# Wyndham Won't Go Through w/ Resale!!



## loosefeet (Feb 5, 2011)

Here's a story.  If you have any thoughts on how to solve, would love to hear.  My mother had (s) a Wyndham account.  Could no longer use it, and could not afford the MFs yearly after her husband passed away.  So, we advertised a few places, and sold on EBay for a song.  Someone unknown on the East Coast.  It took some time to get payment, etc. but all the paperwork was done through a closing company in Nevada (her home resort was in LV) and my mother received documents showing title change.  The new owner, states that he has tried to pay the MFs, but his checks are returned.  What the big hold up, according to Wyndham, is that they need my step-father's signature.  Well, did I mention he passed away!  I know that Wyndham received a copy of his death certificate b/c I faxed one to him, and there was a copy when the paperwork was done to change the deed, which Wyndham got.  Wyndham keeps calling and sending bills to my mother,  She, of course, has no idea what to do as they will NOT accept that they will never get her deceased husband's signature.  She initially would call back, talk to someone different every time, and told the same story--they need his signature to proceed.  And, I am unable to call b/c I am not on the deed, so they will not even discuss her account w/ me.  Now, they want her to pay $175 and they will put the account "back in the pool."  These people are a mess to deal with--and I am so glad I did not offer to purchase the account from her.  Besides being incredibly insensitive, they are refusing money for the account.  I just don't understand the motives.  Yes, I have considered that maybe paperwork etc was not done, but don't you think that if this was the issue, this would be Wyndham's excuse.  Any thoughts?  If not, just BEWARE!!


----------



## learnalot (Feb 5, 2011)

loosefeet said:


> Here's a story.  If you have any thoughts on how to solve, would love to hear.  My mother had (s) a Wyndham account.  Could no longer use it, and could not afford the MFs yearly after her husband passed away.  So, we advertised a few places, and sold on EBay for a song.  Someone unknown on the East Coast.  It took some time to get payment, etc. but all the paperwork was done through a closing company in Nevada (her home resort was in LV) and my mother received documents showing title change.  The new owner, states that he has tried to pay the MFs, but his checks are returned.  What the big hold up, according to Wyndham, is that they need my step-father's signature.  Well, did I mention he passed away!  I know that Wyndham received a copy of his death certificate b/c I faxed one to him, and there was a copy when the paperwork was done to change the deed, which Wyndham got.  Wyndham keeps calling and sending bills to my mother,  She, of course, has no idea what to do as they will NOT accept that they will never get her deceased husband's signature.  She initially would call back, talk to someone different every time, and told the same story--they need his signature to proceed.  And, I am unable to call b/c I am not on the deed, so they will not even discuss her account w/ me.  Now, they want her to pay $175 and they will put the account "back in the pool."  These people are a mess to deal with--and I am so glad I did not offer to purchase the account from her.  Besides being incredibly insensitive, they are refusing money for the account.  I just don't understand the motives.  Yes, I have considered that maybe paperwork etc was not done, but don't you think that if this was the issue, this would be Wyndham's excuse.  Any thoughts?  If not, just BEWARE!!

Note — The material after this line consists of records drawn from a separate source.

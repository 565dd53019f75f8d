// A book of forwarded calls.
//
//     pairs CALLS     CALLS calls of one lane begin and finish, each with a body of 200 bytes
//     made CALLS      the same events are made, and no book gets them
//
// Of `pairs` the book has 4,096 calls first, so that each further one drops the first of them. The count is how many calls
// there were beyond these.
use actor_names::{Member, read_member};
use call_book::{BookEvent, BookReply, CallBook};
use http_edge::{Body, HttpFields, HttpResponse};
use std::alloc::Global;

const KEPT: u64 = 4_096;

const BODY: [u8; 200] = [b'7'; 200];

/// Does what `mode` says and answers the count; `None` if memory ran out, or if the words make no sense.
pub fn run(alloc: Global, mode: &str, calls: &str) -> Option<u64> {
    let calls = calls.parse::<u32>().ok()? as u64;
    let origin = read_member(b"n1/1").ok()?;
    match mode {
        "pairs" => pairs(alloc, &origin, calls),
        "made" => made(alloc, &origin, calls),
        _ => None,
    }
}

fn begin(origin: &Member, number: u64) -> BookEvent {
    BookEvent::Begin {
        origin: origin.copy(),
        part: 0,
        number,
    }
}

fn finish(alloc: Global, origin: &Member, number: u64) -> Option<BookEvent> {
    let response = HttpResponse {
        status: 200,
        fields: HttpFields::from_vec(Vec::new(alloc)),
        body: Body::from_slice(alloc, &BODY).ok()?,
    };
    Some(BookEvent::Finish {
        origin: origin.copy(),
        part: 0,
        number,
        response,
    })
}

/// Begins the call and finishes it.
fn serve(alloc: Global, book: &mut CallBook, origin: &Member, number: u64) -> Option<()> {
    let begun = book.step(begin(origin, number));
    let finished = book.step(finish(alloc, origin, number)?);
    match (begun, finished) {
        (BookReply::New, BookReply::Finished) => Some(()),
        _ => None,
    }
}

fn pairs(alloc: Global, origin: &Member, calls: u64) -> Option<u64> {
    let mut book = CallBook::new(alloc);
    for number in 0..KEPT {
        serve(alloc, &mut book, origin, number.saturating_add(1))?;
    }
    for call in 0..calls {
        serve(alloc, &mut book, origin, call.saturating_add(KEPT + 1))?;
    }
    Some(calls)
}

fn made(alloc: Global, origin: &Member, calls: u64) -> Option<u64> {
    for call in 0..calls {
        let _begin = begin(origin, call);
        let _finish = finish(alloc, origin, call)?;
    }
    Some(calls)
}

First of all, sorry for your loss and for the hassle you are experiencing trying to deal with it.  I take it that your mother IS on the deed.  If that is correct, I suggest you call for your mother.  I know you said they won't talk to you... They will if you just give your mother's name.


----------



## timeos2 (Feb 5, 2011)

loosefeet said:


> Here's a story.  If you have any thoughts on how to solve, would love to hear.  My mother had (s) a Wyndham account.  Could no longer use it, and could not afford the MFs yearly after her husband passed away.  So, we advertised a few places, and sold on EBay for a song.  Someone unknown on the East Coast.  It took some time to get payment, etc. but all the paperwork was done through a closing company in Nevada (her home resort was in LV) and my mother received documents showing title change.  The new owner, states that he has tried to pay the MFs, but his checks are returned.  What the big hold up, according to Wyndham, is that they need my step-father's signature.  Well, did I mention he passed away!  I know that Wyndham received a copy of his death certificate b/c I faxed one to him, and there was a copy when the paperwork was done to change the deed, which Wyndham got.  Wyndham keeps calling and sending bills to my mother,  She, of course, has no idea what to do as they will NOT accept that they will never get her deceased husband's signature.  She initially would call back, talk to someone different every time, and told the same story--they need his signature to proceed.  And, I am unable to call b/c I am not on the deed, so they will not even discuss her account w/ me.  Now, they want her to pay $175 and they will put the account "back in the pool."  These people are a mess to deal with--and I am so glad I did not offer to purchase the account from her.  Besides being incredibly insensitive, they are refusing money for the account.  I just don't understand the motives.  Yes, I have considered that maybe paperwork etc was not done, but don't you think that if this was the issue, this would be Wyndham's excuse.  Any thoughts?  If not, just BEWARE!!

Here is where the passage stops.